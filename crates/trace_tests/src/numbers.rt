use crate::images::ONE_FRAME;
use mc_base::NoMemory;
use ring_numbers::{SenderNumbers, image_left};
use std::alloc::Global;

/// A queue 0 of size 4 over which nothing was put: its driver offered all buffers.
static NOTHING_PUT: [u8; 118] = [
    0, 0, 0, 0, 0, 0, 0, 0, 0, 2, 0, 0, 2, 0, 0, 0, 0, 2, 0, 0, 0, 0, 0, 0, 0, 2, 0, 0, 2, 0, 0, 0,
    0, 4, 0, 0, 0, 0, 0, 0, 0, 2, 0, 0, 2, 0, 0, 0, 0, 6, 0, 0, 0, 0, 0, 0, 0, 2, 0, 0, 2, 0, 0, 0,
    0, 0, 4, 0, 0, 0, 1, 0, 2, 0, 3, 0, 0, 0, 0, 0, 0, 0, 0, 0, 0, 0, 0, 0, 0, 0, 0, 0, 0, 0, 0, 0,
    0, 0, 0, 0, 0, 0, 0, 0, 0, 0, 0, 0, 0, 0, 0, 0, 0, 0, 0, 0, 0, 0,
];

/// A queue 0 of size 2 after frames of 16 and 20 bytes, of which the second is given back first, and one of 24 bytes after that.
static THREE_FRAMES: [u8; 66] = [
    0, 0, 0, 0, 0, 0, 0, 0, 0, 2, 0, 0, 2, 0, 0, 0, 0, 2, 0, 0, 0, 0, 0, 0, 0, 2, 0, 0, 2, 0, 0, 0,
    0, 0, 4, 0, 1, 0, 0, 0, 0, 0, 0, 0, 0, 0, 3, 0, 1, 0, 0, 0, 24, 0, 0, 0, 1, 0, 0, 0, 20, 0, 0,
    0, 0, 0,
];

/// What happens at a sender.
#[derive(Clone, Copy)]
enum Event {
    /// A frame of so many bytes is put.
    Put(u32),
    /// So many buffers come back, which are all of frames that were put or not.
    Back(u32, bool),
}

use Event::{Back, Put};

/// Whether each buffer comes back as it must.
fn happen(numbers: &mut SenderNumbers, events: &[Event]) -> Result<bool, NoMemory> {
    let mut as_due = true;
    for event in events {
        match *event {
            Put(bytes) => numbers.put(bytes)?,
            Back(count, are_put) => as_due &= numbers.come_back(count)? == are_put,
        }
    }
    Ok(as_due)
}

/// What happens over a lane, of whose frames these buffers are given back, and the numbers and lengths of those that were used.
struct Run {
    size: u16,
    given: &'static [u32],
    events: &'static [Event],
    used: &'static [(u16, u32)],
}

/// Whether all happens as it must.
fn is_due(alloc: Global, run: &Run) -> Result<bool, NoMemory> {
    let mut numbers = SenderNumbers::new(alloc, run.size, run.given)?;
    let as_due = happen(&mut numbers, run.events)?;
    Ok(as_due && numbers.used() == run.used)
}

/// Whether this image is left of a queue after a run.
fn leaves(alloc: Global, queue: u8, run: &Run, image: &[u8]) -> Result<bool, NoMemory> {
    if run.used.iter().any(|(number, _)| *number >= run.size)
        || run.size == 0
        || run.size > 256
        || queue > 1
    {
        return Ok(false);
    }
    let left = image_left(alloc, run.size, queue, run.used, run.given)?;
    Ok(left.as_slice() == image)
}

/// Whether a run goes as it must, and leaves this image of this queue.
fn holds(alloc: Global, queue: u8, run: &Run, image: &[u8]) -> Result<bool, NoMemory> {
    Ok(is_due(alloc, run)? && leaves(alloc, queue, run, image)?)
}

const UNUSED: Run = Run {
    size: 4,
    given: &[],
    events: &[],
    used: &[],
};

#[test]
fn an_unused_queue_has_all_buffers_offered(rt: HostRuntime) {
    assert!(rt; matches!(holds(rt.alloc(), 0, &UNUSED, &NOTHING_PUT), Ok(true)));
}

const ONCE: Run = Run {
    size: 4,
    given: &[0],
    events: &[Put(26), Back(1, true)],
    used: &[(0, 26)],
};

#[test]
fn a_frame_leaves_its_number_and_its_length(rt: HostRuntime) {
    assert!(rt; matches!(holds(rt.alloc(), 1, &ONCE, &ONE_FRAME), Ok(true)));
}

const REVERSED: Run = Run {
    size: 2,
    given: &[1, 0],
    events: &[Put(16), Put(20), Back(2, true), Put(24)],
    used: &[(0, 16), (1, 20), (1, 24)],
};

#[test]
fn buffers_are_used_in_the_order_in_which_they_came_back(rt: HostRuntime) {
    assert!(rt; matches!(holds(rt.alloc(), 0, &REVERSED, &THREE_FRAMES), Ok(true)));
}

const TOO_EARLY: Run = Run {
    size: 2,
    given: &[1],
    events: &[Put(16), Back(1, false)],
    used: &[(0, 16)],
};

#[test]
fn no_buffer_comes_back_before_its_frame_is_put(rt: HostRuntime) {
    assert!(rt; matches!(is_due(rt.alloc(), &TOO_EARLY), Ok(true)));
}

######

PROMPT:
In the records above, count the lines holding the word "true"; give only that number.

TASK SOLUTION:
7